It is the most important monastery
that Alexandru Lapusneanu, who reigned from 1552 to
1561 and from 1563 to 1568, built, being among the
greatest monastic buildings of Moldavia. As he reigned
in hard times, full of tribulations and turmoil, due
to the crimes of the treacherous boyars in the country
and plundered by the greed of the Ottomans from outside
the country, who humiliated him and made him destroy
the city fortress of Suceava, Alexandru Lapusneanu
tried, on a cultural level, to revive the magnificence
of the epochs of Stephen the Great and Petru Rares,
and he did it at Slatina, through the complex which
remains even today under the form of an impressive
fortress. It is made up of a vast quadric-lateral
enclosure fortified by high walls and corner towers
and by the tower gate while inside the enclosure there
are cells and the refectory as well as other structures.

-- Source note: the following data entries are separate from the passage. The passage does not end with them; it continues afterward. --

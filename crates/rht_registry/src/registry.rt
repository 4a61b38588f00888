//! A worker for each caller of the table. It does its own commands in their order, each to its end,
//! while the others do theirs.

ghost use Rattle.std.specs.Prelude.{◌≡◌, ◌+◌, IfOk};
ghost use Rattle.rht_policy.specs.Mix.{mix_named};
ghost use Rattle.rht_run.specs.Passes.{IsNew};
ghost use Rattle.rht_script.specs.Sound.{IsSoundScript};
ghost use Rattle.rht_registry.specs.Outcomes.{CanServe, HasServedWorker, IsOutcome};

use rht_io::Gate;
use rht_model::{Call, Replies};
use rht_policy::Mix;
use rht_run::{Pass, Table};
use rht_script::Script;
use rht_workers::{Job, run_all};
use std::alloc::{AllocError, Global};
use std::sync::Wait;
use std::thread::Threads;

/// What the workers of a script leave.
#[derive(Drop)]
pub struct Outcome<M: Mix> {
    /// The replies to each worker's commands, worker by worker.
    pub replies: Vec<Replies>,
    /// The table, which is still open.
    pub table: Table<M>,
    /// All its passes, in order of their numbers.
    pub passes: Vec<Pass<M>>,
}

/// What the workers of a script have to do.
#[derive(Drop)]
struct Serving<'a, G> {
    /// The commands.
    script: &'a Script,
    /// What hears of each command before it, and after it once its reply is kept.
    gate: &'a G,
}

/// Opens a table and does the commands of a script on it: each worker has a pass and, where threads can
/// be started, a thread. The gate hears of each command before it, and after it once its reply is kept.
/// The one refusal is want of memory, and then the table and its passes are given up. No call takes
/// memory; a reply does, once its call has ended.
pub fn run_workers<M: Mix + Send, R: Threads + Wait + Sync, G: Gate + Sync>(
    rt: &R,
    alloc: Global,
    script: &Script,
    gate: &G,
) -> Result<Outcome<M>, AllocError>
    requires sound { IsSoundScript script.now }
    requires mix { M.mix_of ≡ mix_named script.now.config }
    ensures { IfOk result (IsOutcome M script.now) }
{
    let left = run_all::<M, _, _>(rt, alloc, script.config, &Serving { script, gate })?;
    Ok(Outcome {
        replies: left.own,
        table: left.table,
        passes: left.passes,
    })
}

impl<G: Gate> Job for Serving<'_, G> {
    type Left = Replies;

    ghost can_work = { λ job M table. CanServe table job.script.now };

    ghost has_worked = { λ job M mix table number pass replies. HasServedWorker mix table job.script.now.auto
        job.script.now.commands.items number pass replies };

    /// The commands of the worker whose pass this is, in their order.
    fn work<M: Mix, R: Wait>(
        &self,
        rt: &R,
        alloc: Global,
        table: &Table<M>,
        number: usize,
        mut pass: Pass<M>,
    ) -> Result<(Pass<M>, Replies), AllocError>
        requires can { CanServe table.now self.now.script.now }
        requires new { IsNew M.mix_of table.now number pass }
        ensures { IfOk result (λ worked. HasServedWorker M.mix_of table.now self.now.script.now.auto
            self.now.script.now.commands.items number worked.0 worked.1) }
    {
        let script = self.script;
        let worker = number as u32 + 1;
        let mut replies = Replies::new(alloc);
        let mut index = 0;
        for command in script.commands.iter() {
            if command.0 == worker {
                index += 1;
                self.gate.before(worker, index);
                let reply = table.serve(rt, &mut pass, command.1, script.auto);
                replies.push(reply, pass.owners(), pass.pairs())?;
                self.gate.after(worker, index);
            }
        }
        Ok((pass, replies))
    }
}
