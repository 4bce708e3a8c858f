//! A revision, and what the services select.

use crate::name::Name;
use crate::ports::Ports;

/// A revision of the rollout. Argo Rollouts keeps a ReplicaSet for each.
#[derive(Debug)]
pub struct Revision {
    /// The number, at least 1. No two revisions ever get the same number.
    pub number: u64,
    pub name: Name,
    /// One port for each endpoint at full size.
    pub ports: Ports,
    /// The number of endpoints that the revision wants; 0 if it is scaled down.
    pub desired: u32,
    /// The number of available endpoints by the last report since the revision was scaled down, else 0. A report has
    /// at most the number desired at that time.
    pub available: u32,
}

impl Drop for Revision {
    /// Drops the fields by one call, so that the proofs of what owns a value are short (CONTRIBUTING.md, "What a check costs").
    fn drop(self) {
        let Revision {
            number: _,
            name: _,
            ports: _,
            desired: _,
            available: _,
        } = self;
    }
}

/// A service, which selects a revision.
#[derive(Clone, Copy, PartialEq, Eq, Debug, Drop)]
pub enum Service {
    /// The service that carries live traffic.
    Active,
    /// The service that reaches a new revision for tests.
    Preview,
}

/// The revisions that the services select, with the stable and the newest revision.
#[derive(Clone, Copy, PartialEq, Eq, Debug, Drop)]
pub struct Selectors {
    /// The revision that the active service selects.
    pub active: u64,
    /// The revision that the preview service selects.
    pub preview: u64,
    /// The revision that was last promoted; 1 before the first promotion.
    pub stable: u64,
    /// The revision that was last deployed; 1 before the first deploy.
    pub newest: u64,
}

In the center of the enclosure stands the church,
an edifice of large dimensions, whose plan has almost
the same distribution as the Church of the Ascension
in Neamt. The monastery was erected at the foot of
Mount Stinisoara, between 1554 and 1558, and it has
the same significance as Putna for Stephen the Great
and Pobrata for Petru Rares. It is a monument of great
value, impressive by its sumptuousness, refinement
and individuality. Inside the enclosure is the princely
house, a valuable example of civil architecture, characterized
by the stylistic treatment characteristic of the Renaissance
in Transylvania. The framings of the refectory and
towers are also built under the influence of the Renaissance.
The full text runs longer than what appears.